Anyone have any experience with Haus Simpkins in Long Island, NY. Can you provide some insight good or bad. Feel free to pm me if necessary. 

Thanks.


----------



## lemans (Jun 18, 2005)

I have no personal knowledge on their dogs, or breeding program, but have heard that Steve is a very capable trainer. They train mostly in PP type scenarios, not really oriented in Sch. They have opened a new facility in Bohemia NY if I'm not mistaken. 

Give him a call, he was very open and honest about his operation when I spoke with him.

Also please review their purchase agreement, it may or may not be to your liking.


----------



## Life.Interrupted.2x (Aug 17, 2011)

*Haus Simpkins & Working Dog Store training facility*

I have been training with Steve for 8 years, and first met him when I had two uncontrollable GSD's. Actually if it were not for him, I'm not sure what I would have done. 

He is not inept by any means, in fact, just the opposite. 

He bonds very well with every dog I've seen go to him, in fact, I have had people from other states to ship their dogs in for training periods and returned.

He has also trained another female of mine who was a super female, unfortunately due to the hands of irresponsible breeding she passed away this year.

Currently he is working with my 1 1/2 year old male who is quite a hard dog, and doing amazing things with him. He is also working with my 6 month female. All of my dogs have come from other breeders, but I have seen ALL of the puppies he's produced and for the past 8 years from Lion to Cona to Bruno, etc., all of his dogs have been quite nice, level headed...when he breeds, he does so and follows the "supply and demand" method...basically he will not breed to make money, he breeds if there is a high demand at the time. 

He is exceptional with all breeds...when I got my male, he had to do some "reverse training" and with my female, we are building up her confidence. He is very knowledgeable and I highly recommend him.

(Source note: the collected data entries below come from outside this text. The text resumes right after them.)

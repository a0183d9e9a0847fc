// The triples of an order 10h, stored.
ghost use Rattle.std.specs.Prelude.{◌≡◌, ℕ, ◌+◌, ◌*◌, ◌<◌, ◌&&◌, length, if◌then◌else◌, nat_eq, nat_lt};
ghost use Rattle.history.specs.Orders.{triple_in};
ghost use Rattle.table.specs.Rows.{replaced};
ghost use Rattle.table.specs.Table.{counts_of, slots_of};

use crate::rows::Table;
use enclosure::record::rows::Row;
use orders::triples::row;

impl Table {
    // Slot `k` after a triple for it.
    pub fn replace(&mut self, k: usize, triple: Row)
        ensures slots { (j : ℕ) → j < 14 → slots_of self.new j ≡ (if nat_eq j k then replaced triple (slots_of self.old j) else slots_of self.old j) }
        ensures counts { counts_of self.new ≡ counts_of self.old }
    {
        self.put(k, self.slot(k).replaced(triple));
    }

    // Each slot that there is a whole triple for, after that triple.
    pub fn store(&mut self, triples: &[u8])
        ensures slots { (j : ℕ) → j < 14 → slots_of self.new j ≡ (if nat_lt (3 * j + 2) (length triples.now) then replaced (triple_in triples.now j) (slots_of self.old j) else slots_of self.old j) }
        ensures counts { counts_of self.new ≡ counts_of self.old }
    {
        let (whole, _) = triples.as_chunks();
        let whole = &whole[..whole.len().min(14)];
        for (k, triple) in whole.iter().enumerate() {
            self.replace(k, row(*triple));
        }
    }
}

Trust me, I would not drive an hour to get to him, and an hour home, if I did not like his methods or his dogs. I not only trust him immensely with my dogs, but he has become a good friend and I respect him for what he does breed, as well as his training methods. I would not go anywhere else.

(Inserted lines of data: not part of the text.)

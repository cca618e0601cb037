// The comparison of two types, by their canonical forms.
ghost use Rattle.std.specs.Prelude.{◌≡◌};
ghost use Rattle.rule.specs.Answers.{resolved, nowhere};
ghost use Rattle.rule.specs.Rule.{done};
ghost use Rattle.rule.specs.Things.{is_struct_inner, is_struct_form, is_struct};
ghost use Rattle.rule_types.specs.Comparison.{compare, given};
ghost use Rattle.rule_types.specs.ForProofs.{optional, found, by_forms};

use super::canonical::canonical_of;
use archive::Starts;
use archive_access::families::type_at;
use ir::{TypeInner, TypeResolution};

fn is_struct_inner(t: TypeInner) -> bool
    ensures { result ≡ is_struct_inner t }
{
    match t {
        TypeInner::Struct {
            first: _,
            count: _,
            span: _,
        } => true,
        _ => false,
    }
}

fn is_struct_form(form: Option<TypeInner>) -> bool
    ensures { result ≡ is_struct_form form }
{
    match form {
        Some(t) => is_struct_inner(t),
        None => false,
    }
}

// Whether a type is the number of a struct.
pub fn is_struct(frames: &[u8], s: Starts, t: TypeResolution) -> bool
    ensures { result ≡ is_struct frames.now s (resolved t) }
{
    match t {
        TypeResolution::Handle(n) => is_struct_form(type_at(frames, s, n)),
        TypeResolution::Value(_) => false,
    }
}

// Whether two forms are equal. A test of the bytes of their frames is proved too, none of them left out
// (must-fail/byte_left_out.edit).
#[tactic(auto, using(rule_types::proofs::Derived::types_equal), unfolding(rule_types::specs::Canonical::equal_types))]
fn to_right(t: TypeInner, right: Option<TypeInner>) -> Option<bool>
    ensures { result ≡ found (by_forms (Some t) right) }
{
    match right {
        Some(u) => Some(t == u),
        None => None,
    }
}

fn by_forms(left: Option<TypeInner>, right: Option<TypeInner>) -> Option<bool>
    ensures { result ≡ found (by_forms left right) }
{
    match left {
        Some(t) => to_right(t, right),
        None => None,
    }
}

// Whether two types are the same: identical ones are, the number of a struct is no other type, else canonical forms are
// compared.
#[tactic(auto, using(rule_types::proofs::Derived::resolutions_equal))]
pub fn compare_types(frames: &[u8], s: Starts, a: TypeResolution, b: TypeResolution) -> Option<bool>
    ensures { result ≡ optional (given frames.now s (compare nowhere (resolved a) (resolved b) done)) }
{
    if a == b {
        Some(true)
    } else {
        if is_struct(frames, s, a) | is_struct(frames, s, b) {
            Some(false)
        } else {
            by_forms(canonical_of(frames, s, a), canonical_of(frames, s, b))
        }
    }
}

I wish you luck, but you should pay him a visit if you'd like to see for yourself. The facility we train at is 155 Keyland, Bohemia NY, which is right by McArthur airport. We are there on Saturdays and Sundays, 8-12 or much later depending on what we are working on. I would advise you to come in and to see the dogs and possibly meet mine. I personally think you will be quite pleased. 

Steve CARES about the animals, he's just not there for the heck of it.


----------



## larrydee33 (Feb 25, 2007)

I bought my Gunner form him four years ago he is by far the best breeder I have ever run across.
A breeder who really cares about what you want and just tremendous follow up. 
I highly recommend him to anybody looking for a German Shepherd.


----------